Search the records for "next". Report every line where it occurs.

Source records:
:::
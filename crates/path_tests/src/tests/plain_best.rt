//! The plain program: a path's best polygon, found by trying each point with each one that its segments reach.
ghost use Rattle.std.specs.Prelude.{◌≡◌, ◌+◌, ◌<◌, ◌≤◌, length};
ghost use Rattle.pt_core.specs.ClosedWalk.{IsClosedWalk};
ghost use Rattle.pt_core.specs.OnPage.{AreOnPage};

use prefix_moments::Moments;
use pt_core::{MOST_STEPS, NoMemory, Point};
use std::alloc::Global;
use straight_paths::Reach;

/// The best way from a point to the end.
#[derive(Clone, Copy)]
struct Best {
    count: u32,
    cost: u64,
    next: usize,
}

/// The vertices of the best polygon, and its penalty.
pub(super) fn plain_polygon(alloc: Global, points: &[Point]) -> Result<(Vec<u32>, u64), NoMemory>
    requires closed { IsClosedWalk points.now }
    requires on_page { AreOnPage points.now }
{
    let reach = Reach::of(alloc, points)?;
    let moments = Moments::of(alloc, points)?;
    let size = points.len();
    let none = Best {
        count: 0,
        cost: 0,
        next: size,
    };
    let mut best = vec![in alloc; none; size + 1]?;
    for from in (0..size).rev() {
        let far = reach.far(from as u32) as usize;
        best[from] = onward(&moments, from as u32, size.min(from + far) as u32, &best);
    }
    let mut at = Vec::new(alloc);
    let mut from = 0;
    for _ in 0..size {
        if from < size {
            at.push(from as u32)?;
            from = best[from].next;
        }
    }
    Ok((at, best[0].cost))
}

/// The best way on from a point, if those from each later point up to `last` are known.
fn onward(moments: &Moments, from: u32, last: u32, best: &[Best]) -> Best
    requires point { from < length moments.now }
    requires within { last ≤ length moments.now }
{
    let mut found = Best {
        count: u32::MAX,
        cost: u64::MAX,
        next: last as usize,
    };
    for to in from..last.saturating_add(1) {
        if from < to && to <= last && to - from <= MOST_STEPS {
            if let Some(rest) = best.get(to as usize) {
                let way = onto(moments.penalty(from, to), to, *rest);
                if is_better(way, found) {
                    found = way;
                }
            }
        }
    }
    found
}

/// The way that begins with a segment to this point and continues with `rest`.
fn onto(penalty: u64, to: u32, rest: Best) -> Best {
    Best {
        count: rest.count.saturating_add(1),
        cost: rest.cost.saturating_add(penalty),
        next: to as usize,
    }
}

fn is_better(way: Best, other: Best) -> bool {
    way.count < other.count || way.count == other.count && way.cost < other.cost
}
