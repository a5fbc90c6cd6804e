//! Best polygons, through a path's first point and cyclic ones, compared with a search over all lists of vertices.

use crate::tests::best::best;
use cyclic_optimal::cyclic_polygon;
use page_samples::numbered;
use path_decompose::decompose;
use polygon_optimal::polygon;
use pt_base::is_closed_walk;
use pt_core::{Point, Policy};
use std::alloc::Global;
use std::test::Fail;

const POLICIES: &[Policy] = &[Policy::Left, Policy::Right];

#[test]
fn best_of_all_lists(rt: HostRuntime) -> Result<(), Fail> {
    let mut found = 0u32;
    for number in 0..512 {
        let page = numbered(rt.alloc(), number)?;
        for &policy in POLICIES {
            for path in &decompose(rt.alloc(), &page, policy)? {
                let points = path.points.as_slice();
                let best = (
                    is_best(rt.alloc(), points)?,
                    is_best_round(rt.alloc(), points)?,
                );
                assert_eq!(rt; best, (true, true), "page {number}");
                found = found.wrapping_add(1);
            }
        }
    }
    assert_eq!(rt; found, 1570);
    Ok(())
}

/// Whether the polygon of a path is the best one among all lists of vertices with the first point.
fn is_best(alloc: Global, points: &[Point]) -> Result<bool, Fail> {
    if 24 < points.len() || !is_closed_walk(points) {
        return Ok(false);
    }
    let polygon = polygon(alloc, points)?;
    let (vertices, cost) = best(points, true);
    Ok(bits_of(polygon.at.as_slice()) == vertices && polygon.cost == u128::from(cost))
}

/// Whether the cyclic polygon of a path is the best one among all lists of vertices.
fn is_best_round(alloc: Global, points: &[Point]) -> Result<bool, Fail> {
    if 24 < points.len() || !is_closed_walk(points) {
        return Ok(false);
    }
    let polygon = cyclic_polygon(alloc, points)?;
    let (vertices, cost) = best(points, false);
    Ok(bits_of(polygon.at.as_slice()) == vertices && polygon.cost == u128::from(cost))
}

/// A bit for each index below 32.
fn bits_of(at: &[u32]) -> u32 {
    let mut bits = 0u32;
    for index in at {
        bits |= 1u32.wrapping_shl(*index);
    }
    bits
}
:::
Output for this exercise:
    next: usize,
        next: size,
            from = best[from].next;
        next: last as usize,
        next: to as usize,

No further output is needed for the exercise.